Rafael Rossi (28 December 1896 – 24 December 1982) was an Argentine bandoneonist, orchestra conductor, and composer dedicated to folk music and tango.

== Professional career ==
In 1912, he traveled to Buenos Aires to work as a painter. He became interested in the bandoneon and began studying at the Conservatory of Don José De Caro, which he left in 1914. He started a wandering and self-taught life. First, he lived in Junín and its surrounding area before settling for a time in Vedia. Then he passed through Rufino in 1915, Huinca Renancó, Del Campillo, Río Cuarto, Firmat, Elortondo, until he returned to Mercedes to fulfill his military service.

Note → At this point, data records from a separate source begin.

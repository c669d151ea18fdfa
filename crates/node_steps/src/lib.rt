//! What a node's calls come to in what it knows: how they are read, why they are refused, what they
//! change and what they answer. A node with a trace and versions stands above.
#![tactic(auto)]

mod config;
mod delivery;
mod generator;
mod grant;
mod list;
mod load;
mod name;
mod pass;
mod replica;
mod set;
mod setting;
mod shift;
mod words;

pub use config::{Config, MAX_TRACE_CAP};
pub use delivery::{Delivery, is_any_overspent, is_message_ahead, latest_clock, read_message};
pub use generator::Generator;
pub use grant::granted_with;
pub use list::list_of;
pub use load::{read_points, set_to, settings_issued, state_of_names};
pub use name::read_name;
pub use pass::{Outcome, outcome_of, reply_if};
pub use replica::State;
pub use set::{read_actions, setting_refusal};
pub use setting::{setting_at, words_needed};
pub use shift::total_with;
pub use words::WordSource;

Rafael Rossi settled in Buenos Aires permanently, linking up with José Martínez in 1919.

In 1920, he participated with Francisco Canaro and Roberto Firpo in the giant orchestra for the carnivals. From that year until 1935, he was with Canaro.

In 1920, he met Carlos Gardel, to whom he gave a series of his own compositions, which Gardel quickly recorded, leading to a strong friendship between them. He lived at number 17 Butteler Street.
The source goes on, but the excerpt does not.